Yiwu: The Chinese city where Christmas is made and sold - prostoalex
http://www.bbc.com/future/story/20141218-the-hidden-home-of-christmas
======
Michie
I visited Yiwu last year. It was fun looking around and seeing all of these
item. But I imagined it to be lively, yet there were very few people shopping
around in the area. I've asked the sellers why. They said it's because most of
their clients buy their items online already but before there were a lot of
people shopping at Yiwu.

Things to note: For Christmas shoppers, they only sell wholesale (1000 pcs or
more depending on the product, 100 pcs if the item is pricey). Most stalls
wouldn't sell you anything if you will only buy a few items even if you try to
explain you need it as a product sample.

Since it is wholesale, make sure you order it in advance as most of their
products are located in different province in China. Some of them have to ship
it to Yiwu first and they would advice that your orders will arrive 3-5 days.
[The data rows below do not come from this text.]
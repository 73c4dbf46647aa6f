//! Whether a server's log may go: when no peer still has to read it and no region has an unflushed entry in it (Reference Guide,
//! "WAL Splitting" and "Region Server", log cleaning; that peers are asked before regions is this project's own rule).
#![tactic(auto)]

mod sweep;

pub use sweep::{LogUse, PeerUse, RegionUse, Sweep, may_sweep};
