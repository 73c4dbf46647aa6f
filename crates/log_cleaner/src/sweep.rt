ghost use Rattle.std.specs.Prelude.{◌≡◌, Some};
ghost use Rattle.log_cleaner.specs.Needs.{is_before, peer_needs, region_needs, lower_of, needy_peer, needy_region, needed_by};

use last_ids::LastIds;
use rep_types::{Needer, PeerId, Place, RegionId};

/// A log of a server: its number, the end of its whole frames in bytes, and the greatest sequence id of each region in it.
#[derive(Drop)]
pub struct LogUse {
    pub log: u32,
    pub end: u64,
    pub last: LastIds,
}

/// A peer, and the place of its queue for that server.
#[derive(Clone, Copy)]
pub struct PeerUse {
    pub peer: PeerId,
    pub place: Place,
}

/// A region, and the sequence id up to which it is flushed.
#[derive(Clone, Copy)]
pub struct RegionUse {
    pub region: RegionId,
    pub flushed: u64,
}

/// Whether a log may go, or who needs it.
#[derive(Clone, Copy)]
pub enum Sweep {
    Go,
    Needed { by: Needer },
}

fn is_before(place: &Place, log: u32, offset: u64) -> bool
    ensures { result ≡ is_before place.now log offset }
{
    place.log < log || (place.log == log && place.offset < offset)
}

fn peer_needs(log: &LogUse, peer: &PeerUse) -> bool
    ensures { result ≡ peer_needs log.now peer.now }
{
    log.end != 0 && is_before(&peer.place, log.log, log.end)
}

fn region_needs(log: &LogUse, region: &RegionUse) -> bool
    ensures { result ≡ region_needs log.now region.now }
{
    region.flushed < log.last.last(region.region)
}

fn lower_peer(lowest: Option<PeerId>, peer: PeerId) -> PeerId
    ensures { result ≡ lower_of peer lowest }
{
    match lowest {
        Some(other) if other.number() < peer.number() => other,
        _ => peer,
    }
}

fn lower_region(lowest: Option<RegionId>, region: RegionId) -> RegionId
    ensures { result ≡ lower_of region lowest }
{
    match lowest {
        Some(other) if other.number() < region.number() => other,
        _ => region,
    }
}

fn needy_peer(log: &LogUse, peers: &[PeerUse]) -> Option<PeerId>
    ensures { result ≡ needy_peer log.now peers.now }
{
    let mut lowest = None;
    for peer in peers {
        if peer_needs(log, peer) {
            lowest = Some(lower_peer(lowest, peer.peer));
        }
    }
    lowest
}

fn needy_region(log: &LogUse, regions: &[RegionUse]) -> Option<RegionId>
    ensures { result ≡ needy_region log.now regions.now }
{
    let mut lowest = None;
    for region in regions {
        if region_needs(log, region) {
            lowest = Some(lower_region(lowest, region.region));
        }
    }
    lowest
}

/// Go where nobody needs the log: no peer's place is before its end, unless that is 0, and no region has an entry above its
/// flushed sequence id in it. Else the peer with the lowest number that needs it, or, where none does, the region with the
/// lowest. Takes no memory, and looks at each peer and region once.
pub fn may_sweep(log: &LogUse, peers: &[PeerUse], regions: &[RegionUse]) -> Sweep
    ensures { result ≡ needed_by (needy_peer log.now peers.now) (needy_region log.now regions.now) }
{
    if let Some(peer) = needy_peer(log, peers) {
        return Sweep::Needed {
            by: Needer::Peer(peer),
        };
    }
    match needy_region(log, regions) {
        Some(region) => Sweep::Needed {
            by: Needer::Region(region),
        },
        None => Sweep::Go,
    }
}
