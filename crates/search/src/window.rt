// The starts of a window, tried upward. A start that does not fit rules out others, so most are never looked at.
ghost use Rattle.std.specs.Prelude.{◌≡◌, ◌≤◌, true, MatchOption};
ghost use Rattle.model.specs.Fit.{first_of};
ghost use Rattle.search.specs.Fit.{fits_at, answer_of};
ghost use Rattle.search.specs.Search.{Clear, Skips};

use crate::query::Query;
use std::cmp::max;

// A start to try, the round up to which its rounds are known to be free for the disk, and the round of the stream's own in
// which memory refused a start before.
#[derive(Clone, Copy)]
pub struct Candidate {
    pub start: usize,
    pub clear: usize,
    pub near: usize,
}

impl Query<'_> {
    ghost use Rattle.search.specs.Seen.{seen};

    // The next start to try where the candidate's does not fit; None where it fits. The cheapest test comes first; the disk's
    // rounds are looked at from the far end, so that the last one that it cannot take gives the next start, and none is looked
    // at twice.
    fn next_to_try(&self, c: Candidate) -> Option<Candidate>
        requires within { c.start ≤ self.now.last }
        requires known { Clear (seen self.now) c.start c.clear }
        ensures { MatchOption result (fits_at (seen self.now) c.start ≡ true) (λ next. Skips (seen self.now) c.start next.start next.clear) }
    {
        let start = c.start;
        if let Some(near) = self.near_over_memory(start, c.near) {
            return Some(Candidate {
                start: start + 1,
                near,
                ..c
            });
        }
        let clear = start + self.length();
        if let Some(t) = self.last_over_disk(max(start, c.clear), clear) {
            return Some(Candidate {
                start: t + 1,
                clear,
                ..c
            });
        }
        if let Some(next) = self.after_clash(start) {
            return Some(Candidate {
                start: next,
                clear,
                ..c
            });
        }
        if let Some(near) = self.first_over_memory(start) {
            return Some(Candidate {
                start: start + 1,
                clear,
                near,
            });
        }
        None
    }

    // The first start from first on at which the new stream fits.
    pub fn first_fit(&self, first: usize) -> Option<u64>
        ensures { result ≡ answer_of (first_of (fits_at (seen self.now)) first self.now.last) }
    {
        let mut c = Candidate {
            start: first,
            clear: first,
            near: 0,
        };
        // no range or chain is plainer: each step gives the next start, often many rounds on
        while c.start <= self.last {
            match self.next_to_try(c) {
                Some(next) => c = next,
                None => return Some(c.start as u64),
            }
        }
        None
    }
}
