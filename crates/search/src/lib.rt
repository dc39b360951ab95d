// The first start of a booking's window that fits.
#![tactic(auto)]

mod cabs;
mod disk;
mod memory;
mod query;
mod window;

ghost use Rattle.std.specs.Prelude.{◌≡◌};
ghost use Rattle.retrieval.specs.Stored.{InRange};
ghost use Rattle.model.specs.Fit.{first_of};
ghost use Rattle.load.specs.Stream.{profile_of};
ghost use Rattle.search.specs.Fit.{query_of, fits_at, answer_of, Window};

use crate::query::Query;
use films::film::Sizes;
use limits::bounds::{MAX_PREFETCH, MAX_ROUNDS};
use load::stream::Stream;
use model::Day;
use retrieval::Schedule;

// rounds that a stream is open, at most
const MAX_LENGTH: usize = MAX_PREFETCH as usize + MAX_ROUNDS;

// The first start from first to last at which the stream y, whatever its own start, fits beside the streams of xs, where opens,
// reserves and helds are the day sheet of those.
pub fn first_start(
    file: &[u8],
    xs: &[Stream],
    y: Stream,
    day: Day,
    opens: &[u64],
    reserves: &[u64],
    helds: &[u64],
    first: u64,
    last: u64,
) -> Option<u64>
    requires in_range { InRange file.now y.at y.rounds y.prefetch y.reserve }
    requires window { Window (query_of y (profile_of file.now y) xs.now opens.now reserves.now helds.now day.disk day.memory) last }
    ensures { result ≡ answer_of (first_of (fits_at (query_of y (profile_of file.now y) xs.now opens.now reserves.now helds.now day.disk day.memory)) first last) }
{
    // not by y.schedule, which asks that the film has a round
    let schedule = Schedule {
        sizes: Sizes {
            file,
            at: y.at,
            rounds: y.rounds,
        },
        prefetch: y.prefetch,
        reserve: y.reserve,
    };
    let length = schedule.rounds();
    let mut profile = [0; MAX_LENGTH];
    schedule.add_held(&mut profile, 0, length, 0);
    let query = Query {
        stream: y,
        profile: &profile[..length],
        standing: xs,
        opens,
        reserves,
        helds,
        disk: day.disk,
        memory: day.memory,
        last: last as usize,
    };
    query.first_fit(first as usize)
}
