// Rounds that memory can take.
ghost use Rattle.std.specs.Prelude.{◌≡◌, ◌≤◌, ◌<◌, false, IfSome};
ghost use Rattle.load.specs.Stream.{length_of};
ghost use Rattle.search.specs.Fit.{memory_free};
ghost use Rattle.search.specs.Search.{FirstFails};

use crate::query::Query;

impl Query<'_> {
    ghost use Rattle.search.specs.Seen.{seen};

    // Whether memory takes what the new stream, from s on, holds in round j of its own.
    #[tactic(auto, unfolding(crate::specs::Fit::memory_fits))]
    fn memory_free(&self, s: usize, j: usize) -> bool
        requires within { s ≤ self.now.last }
        requires open_then { j < length_of self.now.stream }
        ensures { result ≡ memory_free (seen self.now) s j }
    {
        self.helds[s + j] + self.profile[j] <= self.memory
    }

    // The first round of the new stream's own in which memory cannot take it from s on. A loop, since `find` takes half as long again,
    // where most of the search is spent.
    pub fn first_over_memory(&self, s: usize) -> Option<usize>
        requires { s ≤ self.now.last }
        ensures { FirstFails (memory_free (seen self.now) s) 0 (length_of self.now.stream) result }
    {
        for j in 0..self.length() {
            if !self.memory_free(s, j) {
                return Some(j);
            }
        }
        None
    }

    // The rounds near and near - 1, tried before all others: one in which memory cannot take the new stream from s on. Where the
    // start before was refused in round near of the stream, the one has the same bytes of the stream, and the other is the same
    // round of the day.
    pub fn near_over_memory(&self, s: usize, near: usize) -> Option<usize>
        requires { s ≤ self.now.last }
        ensures { IfSome result (λ j. (j < length_of self.now.stream) × (memory_free (seen self.now) s j ≡ false)) }
    {
        if self.length() <= near {
            return None;
        }
        if !self.memory_free(s, near) {
            return Some(near);
        }
        if 0 < near && !self.memory_free(s, near - 1) {
            return Some(near - 1);
        }
        None
    }
}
If you are just travelling using the train and need to carry all your items,
don't buy too much because you have to walk a very long path with very high
stairs carrying all of those stuff (No elevator). And you only have 15 mins
time to walk from train station to train platform.

Advice: Rent a car from Yiwu to Shanghai for example. It's not that expensive.
They also have shipping companies to your country, so you can ship your items
to your country. It looks risky because it's not UPS or DHL, but it did
arrived at my place so their shipping is ok.

Almost all of the sellers don't know how to speak English. It's a must to have
a translator.

Yiwu Hotel prices are very cheap and provides nice accommodation. I love the
food in the area and it's cheap too! :)

For me, best and fastest way to travel to Yiwu: Shanghai then take train to
Yiwu. :)

It was fun! :)

------
bobf
The sheer size is almost unimaginable from the perspective of an individual
walking around, if the 4 million sq m listed in the article is accurate. For
comparison, that means Yiwu is roughly 400x larger than an average Walmart --
and certainly must be much more densely stocked.

I recently visited Seoul's Dongdaemun shopping area and the scale was
shocking. It includes dozens of massive, multi-story buildings that span
roughly 10 city blocks. When it was built in 1970, it was the largest such
market space in Asia. (They claim it is still the largest, but perhaps the
distinction is because Yiwu is considered a city.)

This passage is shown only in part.